As is typical of a successful intervention, surgeons who perform total knee arthroplasty recognize the need or opportunity to “push the envelope.” There is great demand for offering knee arthroplasty to younger, more active patients, and, in doing so, it is projected that the number of revision procedures will grow from the current annual incidence of 38,000 up to 270,000 by the year 2030. Thus, understanding the causes of failure will be essential for guiding future strategies.
In this month’s article by Bou Monsef et al., a systematic approach to identifying mechanisms of failure and appropriate treatment protocols for failed total knee arthroplasty are introduced. The authors make the important point that avoiding operative intervention before a diagnosis is made, even in cases of pain with no clear etiology, is essential. Individual discussions on the roles of infection, loosening and component failure, instability, stiffness, patellofemoral complications, and even neuromas are presented and placed in their proper perspective.
Indeed, one of the greatest frustrations in orthopaedic practice is the inability to identify the causative factors for a condition. The failure of a total knee arthroplasty may be associated with one or more contributing factors, including rare and unusual conditions such as the formation of heterotopic bone, the development of complex regional pain syndrome, the occurrence of hemarthrosis, and even hypersensitivity to certain metals. Interestingly, up to 17% of the general population expresses some sensitivity to the metals used in total knee implants such as nickel, chromium, and cobalt.
Failure of total knee arthroplasty can be devastating to the patient, but early diagnosis and careful systematic analysis of the potential etiologies can lead to a favorable outcome. This article provides a clear and concise approach to this problem and is a “must read” for surgeons who perform this operation now and the residents and fellows who will be caring for these patients in the decades to come.
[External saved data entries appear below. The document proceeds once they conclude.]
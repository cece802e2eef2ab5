ghost use Rattle.std.specs.Prelude.{◌≡◌, OnOk};
ghost use Rattle.labels.specs.JobWalks.{WorksOut};
ghost use Rattle.labels.specs.LabelCalls.{label_of, progress_answer, after_progress};
ghost use Rattle.labels.specs.LabelTruth.{Carries};

use crate::compact::{copy, mark};
use crate::known::is_known;
use crate::label::Label;
use crate::refusal::LabelRefusal;
use crate::walk::Step;
use crate::workspace::Workspace;
use goals::job::Job;
use goals::time::Span;
use registers::register::Register;
use std::mem::swap;

impl<'a, R: Register> Step<'a, R> {
    // Works out the progress of a label into a table of the workspace.
    fn work_out(&self, label: &Label, workspace: &mut Workspace) -> Result<usize, LabelRefusal>
        ensures { WorksOut self.now.job.now (R.Register.meaning self.now.register.now) self.now.span (label_of label.now) workspace.new.fresh result }
    {
        let places = workspace.places.as_mut_slice();
        let marks = workspace.marks.as_mut_slice();
        workspace.work.clear();
        self.every_part(&mut workspace.work, &label.table, places)
            .map_err(|_| LabelRefusal::TooMuchWork)?;
        let top = places[label.root];
        mark(&workspace.work, top, marks);
        workspace.fresh.clear();
        copy(&workspace.work, top, marks, places, &mut workspace.fresh).map_err(
            |_| LabelRefusal::TooLong,
        )
    }
}

impl Label {
    // Progresses the label by a step of the span from the register's facts; a refusal changes nothing.
    pub fn progress<R: Register>(
        &mut self,
        workspace: &mut Workspace,
        job: &Job,
        register: &R,
        span: Span,
    ) -> Result<(), LabelRefusal>
        ensures answer { result ≡ progress_answer job.now (R.Register.meaning register.now) span (label_of self.old) }
        ensures after { label_of self.new ≡ after_progress job.now (R.Register.meaning register.now) span (label_of self.old) }
        ensures truth { OnOk result (Carries job.now (R.Register.meaning register.now) span (label_of self.old) (label_of self.new)) }
    {
        if !is_known(job, self) {
            return Err(LabelRefusal::OtherJob);
        }
        let step = Step {
            job,
            register,
            span,
        };
        let root = step.work_out(self, workspace)?;
        swap(&mut self.table, &mut workspace.fresh);
        self.root = root;
        Ok(())
    }
}
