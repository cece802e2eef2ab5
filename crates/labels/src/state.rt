// Whether a label is settled, and how.
#[derive(Clone, Copy, PartialEq, Eq, Debug)]
pub enum LabelState {
    True,
    False,
    Open,
}
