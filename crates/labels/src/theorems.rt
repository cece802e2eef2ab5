ghost use Rattle.labels.specs.Claims.{TruthIsTwoValued, SimplifyingKeepsMeaning, Progression, IdlingIsTruthOnCopies, EndsStayInOrder, LabelsStayKnown, LabelStandsForGoal, RunsAreTimed, IdlingJudgesTheModel};
ghost use Rattle.labels.specs.Examples.{WorkedExamples};
ghost use Rattle.labels.specs.TableClaims.{SameMeansEqual, UniqueListsCount, LabelsStandOnce, TablesTellSize, WorkGoesByParts, GrowthTellsSize, GrowthTellsWork};

// What is not untrue at a state is true there, of a goal node and of a label.
pub fn truth_is_two_valued()
    ensures { TruthIsTwoValued }
{}

// The simplified "not", "and" and "or" of labels are true just where the plain ones are.
pub fn simplifying_keeps_meaning()
    ensures { SimplifyingKeepsMeaning }
{}

// A label is true at a state exactly when its progress is true at the next one.
pub fn progression_holds()
    ensures { Progression }
{}

// Idling keeps a label exactly when endless copies of the facts, one hour apart, do.
pub fn idling_is_truth_on_copies()
    ensures { IdlingIsTruthOnCopies }
{}

// An opening label has its ends in order, and progress keeps them so.
pub fn ends_stay_in_order()
    ensures { EndsStayInOrder }
{}

// A job knows its opening label, and the progress of every label that it knows.
pub fn labels_stay_known()
    ensures { LabelsStayKnown }
{}

// After any steps the label stands for the goal over the states passed.
pub fn label_stands_for_goal()
    ensures { LabelStandsForGoal }
{}

// The states passed, with a timed sequence behind them, are a timed sequence.
pub fn runs_are_timed()
    ensures { RunsAreTimed }
{}

// Idling after any steps judges the run with copies of its last state behind it.
pub fn idling_judges_the_model()
    ensures { IdlingJudgesTheModel }
{}

// The worked schedules, windows and untils come out as the definitions say.
pub fn worked_examples_hold()
    ensures { WorkedExamples }
{}

// The test for the same label says just whether they are equal.
pub fn same_means_equal()
    ensures { SameMeansEqual }
{}

// A list without repetition counts the distinct labels of what it lists.
pub fn unique_lists_count()
    ensures { UniqueListsCount }
{}

// Equal labels stand at one place of a table whose parts stand behind their own, none twice.
pub fn labels_stand_once()
    ensures { LabelsStandOnce }
{}

// Such a table is as long as its label is large, if it has no other parts.
pub fn tables_tell_size()
    ensures { TablesTellSize }
{}

// The work of a step depends only on the set of the label's parts.
pub fn work_goes_by_parts()
    ensures { WorkGoesByParts }
{}

// A table grown from nothing by one label is as long as that label is large.
pub fn growth_tells_size()
    ensures { GrowthTellsSize }
{}

// A table grown from nothing by the results for each part of a label is as long as the work is large.
pub fn growth_tells_work()
    ensures { GrowthTellsWork }
{}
Thomas A. Einhorn, MD, Editor
The article “Adult human mesenchymal stem cells delivered via intra-articular injection to the knee following partial medial menisectomy” is an interesting report of a randomized, double-blind, controlled study carried out over a 2-year period following subtotal medial menisectomy.
While the positive impact of mesenchymal stem cells (MSCs) on both the meniscus and articular cartilage has been demonstrated in animal models, this study looks at the potentially beneficial effects in humans after partial menisectomy. MSC injection in this setting resulted in no apparent complication secondary to these injections. Pain in patients with osteoarthritis was also improved over 2 years compared to those patients treated only with hyaluronate injection. Most intriguing, though, was that in 24% of patients with lower dose MSC and in 6% with higher dose MSC, there was an increase in meniscal volume on MRI by > 15%. None in the control group showed any volume change.
With the large number of meniscal injuries treated surgically in all age groups, MSC injection following partial menisectomy may prove to be a safe method to decrease osteoarthritic pain and potentially increase the volume of the remaining meniscus.